● **Records shown**
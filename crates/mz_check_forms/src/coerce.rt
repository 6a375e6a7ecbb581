// Coercions round expressions, and the tests that an expression fits.

ghost use Rattle.std.specs.Prelude.{◌≡◌, IfOk, map};
ghost use Rattle.mz_core.specs.Types.{plain_type};
ghost use Rattle.mz_core.specs.Paths.{path_links};
ghost use Rattle.mz_core.specs.TreeViews.{tree};
ghost use Rattle.mz_check_meaning.specs.Coerced.{wrapped, coercions_to, coerced, all_coerced, fitted, condition, allowed_at};
ghost use Rattle.mz_check_meaning.specs.Arrays.{each_to};
ghost use Rattle.mz_check_meaning.specs.Passes.{Passes};

use crate::kinds::{is_allowed, mismatch, typed_as};
use crate::{make_coercion, place_of, type_of};
use mz_base::{Memory, Span, Stop};
use mz_core::{Base, Coercion, Core, TypeInst, below, coercions, copy_type};
use std::alloc::Global;

/// The expression under these coercions, one round the other, each at this place.
#[tactic(auto, unfolding(mz_check_meaning::specs::Coerced::wrapped))]
fn wrapped(
    alloc: Global,
    span: Span,
    e: Core,
    links: &[(Coercion, TypeInst)],
) -> Result<Core, Memory>
    ensures { IfOk result (λ x. tree x ≡ wrapped span (tree e) (path_links links.now)) }
{
    match links {
        [] => Ok(e),
        [l, rest @ ..] => {
            let ty = copy_type(alloc, &l.1)?;
            let outer = make_coercion(alloc, span, ty, l.0, e)?;
            wrapped(alloc, span, outer, rest)
        }
    }
}

/// The coercions that lead from a type to one above it, each with the type that it leads to; none where it isn't above it.
#[tactic(auto, unfolding(mz_check_meaning::specs::Coerced::coercions_to))]
pub fn coercions_to(
    alloc: Global,
    t: &TypeInst,
    u: &TypeInst,
) -> Result<Vec<(Coercion, TypeInst)>, Memory>
    ensures { IfOk result (λ v. path_links v.items ≡ coercions_to (plain_type t.now) (plain_type u.now)) }
{
    if below(t, u) {
        coercions(alloc, t, u)
    } else {
        Ok(Vec::new(alloc))
    }
}

/// The expression, coerced to a type that is above its own.
#[tactic(auto, unfolding(mz_check_meaning::specs::Coerced::coerced))]
pub fn coerced(alloc: Global, e: Core, t: &TypeInst) -> Result<Core, Memory>
    ensures { IfOk result (λ x. tree x ≡ coerced (tree e) (plain_type t.now)) }
{
    let links = coercions_to(alloc, type_of(&e), t)?;
    let span = place_of(&e);
    wrapped(alloc, span, e, &links)
}

/// Each expression, coerced to this type.
pub fn each_to(alloc: Global, t: &TypeInst, es: Vec<Core>) -> Result<Vec<Core>, Memory>
    ensures { IfOk result (λ v. map tree v.items ≡ each_to (plain_type t.now) (map tree es.items)) }
{
    let mut all = Vec::with_capacity(alloc, es.len())?;
    for e in es {
        all.push(coerced(alloc, e, t)?)?;
    }
    Ok(all)
}

/// Each expression, coerced to its own type; those that have none stay as they are.
#[tactic(auto, unfolding(mz_check_meaning::specs::Coerced::all_coerced))]
pub fn all_coerced(alloc: Global, es: Vec<Core>, ts: &[TypeInst]) -> Result<Vec<Core>, Memory>
    ensures { IfOk result (λ v. map tree v.items ≡ all_coerced (map tree es.items) (map plain_type ts.now)) }
{
    let mut all = Vec::with_capacity(alloc, es.len())?;
    let mut i = 0usize;
    for e in es {
        if i < ts.len() {
            all.push(coerced(alloc, e, &ts[i])?)?;
            i += 1;
        } else {
            all.push(e)?;
        }
    }
    Ok(all)
}

/// The expression, coerced to a type that its place needs. TypeMismatch at the expression, where its type isn't below it.
#[inline(never)]
#[tactic(auto, unfolding(mz_check_meaning::specs::Coerced::fitted))]
pub fn fitted(alloc: Global, e: Core, t: &TypeInst) -> Result<Core, Stop>
    ensures { Passes tree result (fitted (tree e) (plain_type t.now)) }
{
    if !below(type_of(&e), t) {
        return Err(mismatch(place_of(&e)));
    }
    Ok(coerced(alloc, e, t)?)
}

/// A condition: the expression, coerced to a Boolean, par or var as it is. TypeMismatch at it, where it is none.
#[tactic(auto, unfolding(mz_check_meaning::specs::Coerced::condition))]
pub fn condition(alloc: Global, e: Core) -> Result<Core, Stop>
    ensures { Passes tree result (condition (tree e)) }
{
    let t = typed_as(alloc, &e, Base::Bool);
    fitted(alloc, e, &t)
}

/// The type, where there is such a type; else TypeMismatch at this place.
#[tactic(auto, unfolding(mz_check_meaning::specs::Coerced::allowed_at))]
pub fn allowed_at(span: Span, t: TypeInst) -> Result<TypeInst, Stop>
    ensures { Passes plain_type result (allowed_at span (plain_type t)) }
{
    if is_allowed(&t) {
        Ok(t)
    } else {
        Err(mismatch(span))
    }
}
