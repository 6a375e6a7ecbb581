// The walk's end: the objective's node, and what is in hand → an instance; or the refusal.

ghost use Rattle.std.specs.Prelude.{◌≡◌, ◌++◌, IfOk, map, true};
ghost use Rattle.mz_core.specs.Program.{goal};
ghost use Rattle.mz_arena.specs.Instances.{instance};
ghost use Rattle.mz_meaning.specs.Walk.{ordered};
ghost use Rattle.mz_model_meaning.specs.Modeled.{AreVarsOf, HasGoalOf, Modeled};
ghost use Rattle.mz_symbol.specs.Readings.{Reading, Reads, state_of};
ghost use Rattle.mz_model_state.specs.Hands.{AreVars, IsAimed, SlotsFrom, constraint_roots};
ghost use Rattle.mz_model_state.specs.Loops.{ReadBack};
ghost use Rattle.mz_model_names.specs.Named.{held_name, view_if};
ghost use Rattle.mz_model.specs.Walks.{AreReadable, held_constraint, limits_of, names_of, program_of};
ghost use Rattle.mz_model.specs.Ending.{AimEnds, IsAimOf, IsInHand, StopHalts, WalkHalts};

use crate::declarations::world_in;
use crate::matching::are_vars_of;
use crate::objective::objective;
use crate::types::{HeldConstraint, Names, Task};
use mz_arena::{Id, Instance, InstanceGoal};
use mz_base::{Memory, Stop};
use mz_core::CoreGoal;
use mz_eval_cells::Known;
use mz_model_names::close::{are_placed, closed};
use mz_model_names::{HeldName, aim};
use mz_model_state::walks_are_closed;
use mz_symbol::Run;
use std::alloc::Global;

// ---- a refusal

/// Whether the slots of names are their places.
#[tactic(auto, using(crate::proofs::Endings::slots_start, crate::proofs::Endings::slots_step, crate::proofs::Endings::slots_end))]
fn are_numbered(names: &[HeldName]) -> bool
    ensures { result ≡ true → SlotsFrom 0 (map held_name names.now) }
{
    for i in 0..names.len() {
        if names[i].label.slot != i as u64 {
            return false;
        }
    }
    true
}

fn are_in_order(names: &Names) -> bool
    ensures { result ≡ true → SlotsFrom 0 (names_of names.now) }
{
    are_numbered(&names.list)
}

fn have_nodes(run: &Run, names: &Names) -> Result<(), Memory>
    ensures { IfOk result (λ _. AreVars run.now (names_of names.now)) }
{
    are_placed(run, &names.list)?;
    Ok(())
}

/// The same refusal, once what is in hand has passed the test; else out of memory, which no walk comes
/// to.
pub(crate) fn halted(task: &Task, run: &Run, names: &Names, stop: Stop) -> Stop
    requires { WalkHalts task.now run.now (names_of names.now) stop }
    ensures { StopHalts task.now result }
{
    walks_are_closed();
    let _nodes = run.arena();
    if !are_in_order(names) {
        return Stop::Memory;
    }
    let Ok(()) = have_nodes(run, names) else {
        return Stop::Memory;
    };
    stop
}

// ---- the objective

fn node_of(alloc: Global, run: &mut Run, k: &Option<Known>) -> Result<Id, Memory>
    ensures back { ReadBack run.old run.new }
    ensures same { IfOk result (λ _. (r : Reading) → Reads r run.new → state_of r run.old ≡ state_of r run.new) }
    ensures aims { IfOk result (IsAimOf run.new (view_if k.now)) }
{
    let Some(c) = k else {
        return Err(Memory);
    };
    let Ok(id) = aim(alloc, run, c) else {
        return Err(Memory);
    };
    Ok(id)
}

/// What an instance minimizes or maximizes, of the objective's cell.
#[tactic(auto, using(crate::proofs::Endings::aimed_least, crate::proofs::Endings::aimed_greatest))]
fn goal_of(
    alloc: Global,
    run: &mut Run,
    g: &CoreGoal,
    k: &Option<Known>,
) -> Result<InstanceGoal, Memory>
    ensures back { ReadBack run.old run.new }
    ensures same { IfOk result (λ _. (r : Reading) → Reads r run.new → state_of r run.old ≡ state_of r run.new) }
    ensures goal { IfOk result (HasGoalOf (goal g.now)) }
    ensures aimed { IfOk result (IsAimed run.new (view_if k.now)) }
{
    match g {
        CoreGoal::Satisfy => match k {
            None => Ok(InstanceGoal::Satisfy),
            Some(_) => Err(Memory),
        },
        CoreGoal::Minimize(_) => {
            let id = node_of(alloc, run, k)?;
            Ok(InstanceGoal::Minimize(id))
        }
        CoreGoal::Maximize(_) => {
            let id = node_of(alloc, run, k)?;
            Ok(InstanceGoal::Maximize(id))
        }
    }
}

/// The objective after all constraints.
pub(crate) fn aim_of(
    alloc: Global,
    task: &Task,
    names: &Names,
    run: &mut Run,
) -> Result<InstanceGoal, Stop>
    requires { AreReadable names.now }
    ensures { AimEnds task.now run.old run.new (names_of names.now) result }
{
    let world = world_in(&*task, &*names);
    let k = objective(alloc, &world, &task.program.goal, run)?;
    let Ok(goal) = goal_of(alloc, run, &task.program.goal, &k) else {
        return Err(Stop::Memory);
    };
    Ok(goal)
}

// ---- the instance

fn with_roots(all: Vec<Id>, more: &[Id]) -> Result<Vec<Id>, Memory>
    ensures { IfOk result (λ v. v.items ≡ all.items ++ more.now) }
{
    let mut ids = all;
    ids.extend_from_slice(more)?;
    Ok(ids)
}

fn with_constraint(all: Vec<Id>, c: &HeldConstraint) -> Result<Vec<Id>, Memory>
    ensures { IfOk result (λ v. v.items ≡ all.items ++ c.now.roots.items) }
{
    let ids = with_roots(all, c.roots.as_slice())?;
    Ok(ids)
}

#[tactic(auto, using(crate::proofs::Endings::roots_start, crate::proofs::Endings::roots_step, crate::proofs::Endings::roots_end))]
fn roots_of(alloc: Global, cs: &[HeldConstraint]) -> Result<Vec<Id>, Memory>
    ensures { IfOk result (λ v. v.items ≡ constraint_roots (map held_constraint cs.now)) }
{
    let mut all = Vec::new(alloc);
    for c in cs {
        all = with_constraint(all, c)?;
    }
    Ok(all)
}

/// The names; the cells of slots are dropped.
fn list_of(names: Names) -> Vec<HeldName>
    ensures { map held_name result.items ≡ names_of names }
{
    let Names {
        list,
        env: _env,
        parts: _parts,
    } = names;
    list
}

/// Whether an instance's variables are those of the declarations.
fn is_declared(task: &Task, inst: &Instance) -> bool
    ensures { result ≡ true → AreVarsOf (ordered (program_of task.now).decls (program_of task.now).order) (instance inst.now).vars }
{
    are_vars_of(task.program, &inst.vars)
}

/// The instance of what is in hand.
pub(crate) fn instance_of(
    alloc: Global,
    task: &Task,
    names: Names,
    cs: &[HeldConstraint],
    goal: InstanceGoal,
    run: Run,
) -> Result<Instance, Memory>
    requires { IsInHand task.now run (names_of names) cs.now goal }
    ensures { IfOk result (λ inst. Modeled (limits_of task.now) (program_of task.now) (instance inst)) }
{
    walks_are_closed();
    let roots = roots_of(alloc, cs)?;
    let list = list_of(names);
    let inst = closed(alloc, run, list, &roots, goal)?;
    if !is_declared(task, &inst) {
        return Err(Memory);
    }
    Ok(inst)
}
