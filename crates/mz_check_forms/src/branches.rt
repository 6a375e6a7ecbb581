// `if`.

ghost use Rattle.std.specs.Prelude.{◌≡◌, ◌++◌, Ok, IfOk, map};
ghost use Rattle.std.specs.List.{zip};
ghost use Rattle.std.specs.Option.{option_map};
ghost use Rattle.mz_core.specs.Types.{plain_type};
ghost use Rattle.mz_core.specs.Tree.{node, choice, branches, maybe};
ghost use Rattle.mz_core.specs.TreeViews.{tree, branch};
ghost use Rattle.mz_check_meaning.specs.Tests.{loop, each};
ghost use Rattle.mz_check_meaning.specs.Coerced.{condition};
ghost use Rattle.mz_check_meaning.specs.Arrays.{join_next, each_to};
ghost use Rattle.mz_check_meaning.specs.Branches.{branches_join, else_list, else_to, whole_type, decided};
ghost use Rattle.mz_check_meaning.specs.Passes.{Passes};
ghost use Rattle.mz_check_forms.specs.StepsBranches.{passed, all_pass, join_both, bool_whole};

use crate::coerce::{allowed_at, coerced, condition, each_to};
use crate::joins::{join_next, rest_join};
use crate::kinds::{made_var, mismatch, scalar, typed_as, var_of};
use crate::literals::some_var;
use crate::{make_if, place_of, type_of};
use mz_base::{Memory, Span, Stop};
use mz_core::{Base, Core, TypeInst, below, copy_type};
use std::alloc::Global;

/// Each condition, coerced to a Boolean. TypeMismatch at the first that is none.
fn conditions(alloc: Global, es: Vec<Core>) -> Result<Vec<Core>, Stop>
    ensures { Passes (λ v. map tree v.items) result (each condition (map tree es.items)) }
{
    let mut all = Vec::new(alloc);
    for e in es {
        all.push(condition(alloc, e)?)?;
    }
    Ok(all)
}

/// TypeMismatch at what is no Boolean.
#[tactic(auto, unfolding(mz_check_meaning::specs::Coerced::condition, mz_check_meaning::specs::Coerced::fitted))]
fn is_condition(alloc: Global, e: &Core) -> Result<(), Stop>
    ensures { Passes (λ _. tt) result (passed (condition (tree e.now))) }
{
    if !below(type_of(e), &typed_as(alloc, e, Base::Bool)) {
        return Err(mismatch(place_of(e)));
    }
    Ok(())
}

/// TypeMismatch at the first that is no Boolean.
fn are_conditions(alloc: Global, es: &[Core]) -> Result<(), Stop>
    ensures { Passes (λ _. tt) result (all_pass condition (map tree es.now)) }
{
    for e in es {
        is_condition(alloc, e)?;
    }
    Ok(())
}

/// The join with what stands after the `else`.
fn else_join(alloc: Global, t: TypeInst, other: &Option<Core>) -> Result<TypeInst, Stop>
    ensures { Passes plain_type result (loop join_next (plain_type t) (else_list (option_map tree other.now))) }
{
    match other {
        None => Ok(t),
        Some(e) => join_next(alloc, t, e),
    }
}

/// The type of what stands after the `else`; Bottom where there is none.
#[tactic(auto, unfolding(mz_check_meaning::specs::Branches::branches_join))]
fn else_type(alloc: Global, other: &Option<Core>) -> Result<TypeInst, Memory>
    ensures { IfOk result (λ t. branches_join (else_list (option_map tree other.now)) ≡ Ok (plain_type t)) }
{
    match other {
        None => Ok(scalar(alloc, Base::Bottom)),
        Some(e) => copy_type(alloc, type_of(e)),
    }
}

/// The join of a type with those of more branches, the last of which stands after the `else`.
fn join_above(
    alloc: Global,
    t: &TypeInst,
    thens: &[Core],
    other: &Option<Core>,
) -> Result<TypeInst, Stop>
    ensures { Passes plain_type result (join_both (plain_type t.now) (map tree thens.now) (else_list (option_map tree other.now))) }
{
    let joined = rest_join(alloc, t, thens)?;
    else_join(alloc, joined, other)
}

/// The join of all branches, the last of which stands after the `else`. TypeMismatch at the first that doesn't fit those before it.
#[tactic(auto, unfolding(mz_check_meaning::specs::Branches::branches_join))]
fn all_join(alloc: Global, thens: &[Core], other: &Option<Core>) -> Result<TypeInst, Stop>
    ensures { Passes plain_type result (branches_join (map tree thens.now ++ else_list (option_map tree other.now))) }
{
    match thens {
        [] => Ok(else_type(alloc, other)?),
        [first, rest @ ..] => join_above(alloc, type_of(first), rest, other),
    }
}

/// The type of an `if` without `else`, as the join of its branches is var or not. TypeMismatch at the first branch that is no Boolean.
fn bool_whole(alloc: Global, thens: &[Core], var: bool) -> Result<TypeInst, Stop>
    ensures { Passes plain_type result (bool_whole var (map tree thens.now)) }
{
    are_conditions(alloc, thens)?;
    Ok(made_var(var, scalar(alloc, Base::Bool)))
}

/// The type of the whole, whose branches have this join. TypeMismatch at the first branch that is no Boolean, where there is no `else`.
fn whole_type(
    alloc: Global,
    thens: &[Core],
    other: &Option<Core>,
    t: TypeInst,
) -> Result<TypeInst, Stop>
    ensures { Passes plain_type result (whole_type (map tree thens.now) (option_map tree other.now) (plain_type t)) }
{
    match other {
        Some(_) => Ok(t),
        None => bool_whole(alloc, thens, var_of(&t)),
    }
}

fn else_to(alloc: Global, t: &TypeInst, other: Option<Core>) -> Result<Option<Core>, Memory>
    ensures { IfOk result (λ o. option_map tree o ≡ else_to (plain_type t.now) (option_map tree other)) }
{
    match other {
        None => Ok(None),
        Some(e) => Ok(Some(coerced(alloc, e, t)?)),
    }
}

/// Each condition with its branch.
fn paired(alloc: Global, conds: Vec<Core>, thens: Vec<Core>) -> Result<Vec<(Core, Core)>, Memory>
    ensures { IfOk result (λ v. map branch v.items ≡ zip (map tree conds.items) (map tree thens.items)) }
{
    let mut all = Vec::new(alloc);
    let mut rest = thens.into_iter();
    for c in conds {
        let Some(e) = rest.next() else {
            return Ok(all);
        };
        all.push((c, e))?;
    }
    Ok(all)
}

/// The node of an `if` of this type, whose branches are coerced to it.
fn chosen(
    alloc: Global,
    span: Span,
    ty: TypeInst,
    conds: Vec<Core>,
    thens: Vec<Core>,
    other: Option<Core>,
) -> Result<Core, Memory>
    ensures { IfOk result (λ x. tree x ≡ node span (plain_type ty) (choice (branches (zip (map tree conds.items) (each_to (plain_type ty) (map tree thens.items)))) (maybe (else_to (plain_type ty) (option_map tree other))))) }
{
    let other = else_to(alloc, &ty, other)?;
    let thens = each_to(alloc, &ty, thens)?;
    let cases = paired(alloc, conds, thens)?;
    make_if(alloc, span, ty, cases, other)
}

/// An `if` with its typed conditions, what stands after the `then` of each, and what stands after the `else`. TypeMismatch at the first
/// condition that is no Boolean, at the first branch that doesn't fit those before it, at the first that is no Boolean where there is no
/// `else`, and at the whole, where it would be of no type.
#[inline(never)]
#[tactic(auto, unfolding(mz_check_meaning::specs::Branches::decided))]
pub fn decided(
    alloc: Global,
    span: Span,
    conds: Vec<Core>,
    thens: Vec<Core>,
    other: Option<Core>,
) -> Result<Core, Stop>
    ensures { Passes tree result (decided span (map tree conds.items) (map tree thens.items) (option_map tree other)) }
{
    let conds = conditions(alloc, conds)?;
    let joined = all_join(alloc, &thens, &other)?;
    let whole = whole_type(alloc, &thens, &other, joined)?;
    let ty = allowed_at(span, made_var(some_var(&conds), whole))?;
    Ok(chosen(alloc, span, ty, conds, thens, other)?)
}
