// Types and their order, and the typed tree that every later stage reads.
#![tactic(auto)]

mod join;
mod laws;
mod make;
mod order;
mod paths;
mod program;
mod tree;
mod types;

pub use join::join_types;
pub use laws::{trees_are_read_by_layers, types_are_ordered};
pub use make::{copy_type, make_type};
pub use order::{below, dims_below, same_type};
pub use paths::coercions;
pub use program::{CoreFunction, CoreGoal, Program};
pub use tree::{Core, CoreDecl, CoreForm, CoreGen, CoreItem, CoreStep, CoreType};
pub use types::{Base, Coercion, Ix, Signature, TypeInst};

● **Exercise requirements**
Across the entries above, work out how many lines include the string "Arrays", and report only that figure.

● **Exercise result**
2